#### What the task asks
Count only the lines of the records that hold "IsSized", then give the number without any other words.
===
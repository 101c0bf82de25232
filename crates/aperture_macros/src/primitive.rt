//! Primitives.
ghost use Rattle.std.specs.Prelude.{◌≡◌, ◌≤◌, ◌+◌, ◌*◌};
ghost use Rattle.aperture_macros.specs.BodyWord.{row};
ghost use Rattle.aperture_macros.specs.Sized.{IsSized, corners_of, outline_edges};
ghost use Rattle.aperture_macros.specs.declared.TheConstants.{MOST_OUTLINE_EDGES};

/// What a primitive is, by its code: 1, 4, 20, 21 or 5. An outline has so many edges, from 3 to `MOST_OUTLINE_EDGES`, a polygon so many
/// corners, from 3 to 12.
#[derive(Clone, Copy, Debug)]
pub enum Form {
    Circle,
    Outline(u32),
    VectorLine,
    CentreLine,
    Polygon(u32),
}

/// Which primitives are taken: those alone whose figures are exact, or those of real copper, which may be vector
/// lines along no axis, polygons, of odd sizes, and turned by degrees.
#[derive(Clone, Copy, Debug, PartialEq, Eq)]
pub enum Copper {
    Exact,
    Real,
}

/// What stands in a primitive's word: so many parts before its lengths, then sizes and points, of a polygon the
/// other way round, then the rotation, which some may lack.
#[derive(Clone, Copy)]
pub struct Row {
    pub head: u8,
    pub sizes: u8,
    pub points: u16,
    pub needs_rotation: bool,
}

impl Row {
    /// How many lengths there are.
    pub fn count(&self) -> u32
        ensures { result ≡ self.now.sizes + 2 * self.now.points }
    {
        self.sizes as u32 + 2 * self.points as u32
    }
}

impl Form {
    /// What stands in a word of this form.
    pub fn row(self) -> Row
        requires { IsSized self }
        ensures { result ≡ row self }
    {
        let (head, sizes, points, needs_rotation) = match self {
            Form::Circle => (2, 1, 1, false),
            Form::Outline(n) => (3, 0, n as u16 + 1, true),
            Form::VectorLine => (2, 1, 2, true),
            Form::CentreLine => (2, 2, 1, true),
            Form::Polygon(_) => (3, 1, 1, true),
        };
        Row {
            head,
            sizes,
            points,
            needs_rotation,
        }
    }
}

/// How far a primitive is turned about the origin of its macro, counterclockwise.
#[derive(Clone, Copy, Debug, PartialEq, Eq)]
pub enum Rotation {
    Unturned,
    Quarter,
    Half,
    ThreeQuarters,
}

/// How a primitive is turned: by quarter turns, or by the degrees that an expression behind its lengths says. In real copper a
/// circle without a rotation has 0 degrees.
#[derive(Clone, Copy, Debug, PartialEq, Eq)]
pub enum Turning {
    Quarters(Rotation),
    Degrees,
}

/// A primitive of a macro (Gerber Layer Format Specification, 4.5.1). Its lengths stand as they are
/// written, cut at commas: the text is the body word from the first length on.
#[derive(Clone, Copy)]
pub struct Primitive<'a> {
    pub form: Form,
    pub rotation: Turning,
    pub lengths: &'a [u8],
    ghost enough: { 3 ≤ outline_edges form },
    ghost few: { outline_edges form ≤ MOST_OUTLINE_EDGES },
    ghost three: { 3 ≤ corners_of form },
    ghost twelve: { corners_of form ≤ 12 },
}
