//! How lengths are written.
ghost use Rattle.std.specs.Prelude.{◌≡◌, ◌≤◌, IfSome, length};
ghost use Rattle.aperture_macros.specs.Expression as spec;

use lengths::decimal::{read_decimal, small_value, unsigned};
use texts::{ByteClass, all_digits, run_len};

/// The most terms of an expression.
pub const MOST_TERMS: u32 = 64;

fn is_sign(byte: u8) -> bool
    ensures { result ≡ spec.is_sign byte }
{
    byte == b'+' || byte == b'-'
}

// What is no sign.
struct Plain;

impl ByteClass for Plain {
    ghost member = { spec.is_plain };

    fn has(byte: u8) -> bool {
        !is_sign(byte)
    }
}

// One where a sign stands in front.
fn sign_len(text: &[u8]) -> usize
    ensures value { result ≡ spec.sign_len text.now }
    ensures within { result ≤ length text.now }
{
    match text {
        [b'+' | b'-', ..] => 1,
        _ => 0,
    }
}

// How long the first term is, with the sign before it.
fn term_len(text: &[u8]) -> usize
    ensures value { result ≡ spec.term_len text.now }
    ensures within { result ≤ length text.now }
{
    let sign = sign_len(text);
    sign + run_len::<Plain>(&text[sign..])
}

/// The first term, with the sign before it.
pub fn first_term(text: &[u8]) -> &[u8]
    ensures { result.now ≡ spec.first_term text.now }
{
    &text[..term_len(text)]
}

/// The terms behind the first.
pub fn further_terms(text: &[u8]) -> &[u8]
    ensures { result.now ≡ spec.further_terms text.now }
{
    &text[term_len(text)..]
}

// The number that 1 to 3 digits spell, if it is not 0.
fn parameter_number(digits: &[u8]) -> Option<u32>
    ensures value { result ≡ spec.parameter_number digits.now }
    ensures some { IfSome result (λ k. 1 ≤ k) }
{
    if digits.is_empty() || digits.len() > 3 {
        return None;
    }
    if !all_digits(digits) {
        return None;
    }
    let k = small_value(digits);
    if k == 0 { None } else { Some(k) }
}

/// The number of the parameter that `$` and digits name, or `None` where the text is no such term.
pub fn variable_number(text: &[u8]) -> Option<u32>
    ensures value { result ≡ spec.variable_number text.now }
    ensures some { IfSome result (λ k. 1 ≤ k) }
{
    match text {
        [b'$', digits @ ..] => parameter_number(digits),
        _ => None,
    }
}

fn is_term(text: &[u8]) -> bool
    ensures { result ≡ spec.is_term text.now }
{
    variable_number(unsigned(text)).is_some() || read_decimal(text).is_some()
}

// What is no `x` or `X`.
struct Untimed;

impl ByteClass for Untimed {
    ghost member = { spec.is_untimed };

    fn has(byte: u8) -> bool {
        !(byte == b'x' || byte == b'X')
    }
}

/// What stands before the first `x` or `X`.
pub fn first_factor(text: &[u8]) -> &[u8]
    ensures { result.now ≡ spec.first_factor text.now }
{
    &text[..run_len::<Untimed>(text)]
}

/// What stands behind it, or nothing where there is none.
pub fn second_factor(text: &[u8]) -> &[u8]
    ensures { result.now ≡ spec.second_factor text.now }
{
    let at = run_len::<Untimed>(text);
    if at < text.len() {
        &text[at + 1..]
    } else {
        &text[at..]
    }
}

fn is_factor(text: &[u8]) -> bool
    ensures { result ≡ spec.is_factor text.now }
{
    sign_len(text) == 0 && is_term(text)
}

/// Whether a text is a product: two terms without a sign, with `x` or `X` between them.
#[tactic(auto, unfolding(crate::specs::Expression::is_product))]
pub fn is_product(text: &[u8]) -> bool
    ensures { result ≡ spec.is_product text.now }
{
    is_factor(first_factor(text)) && is_factor(second_factor(text))
}

/// Whether a text is an expression: an optional sign and 1 to `MOST_TERMS` terms joined by `+` or `-`, each an
/// unsigned decimal or `$` with a number from 1 to 999.
#[tactic(auto, unfolding(crate::specs::Expression::is_expression))]
pub fn is_expression(text: &[u8]) -> bool
    ensures { result ≡ spec.is_expression text.now }
{
    !text.is_empty() && is_sum(MOST_TERMS, text)
}

// Whether the text is at most so many terms.
#[tactic(auto, unfolding(crate::specs::Expression::is_sum))]
fn is_sum(most: u32, text: &[u8]) -> bool
    ensures { result ≡ spec.is_sum most text.now }
{
    let mut rest = text;
    for _ in 0..most {
        if rest.is_empty() {
            return true;
        }
        let one = first_term(rest);
        if !is_term(one) {
            return false;
        }
        rest = further_terms(rest);
    }
    rest.is_empty()
}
===
#### Answer box
2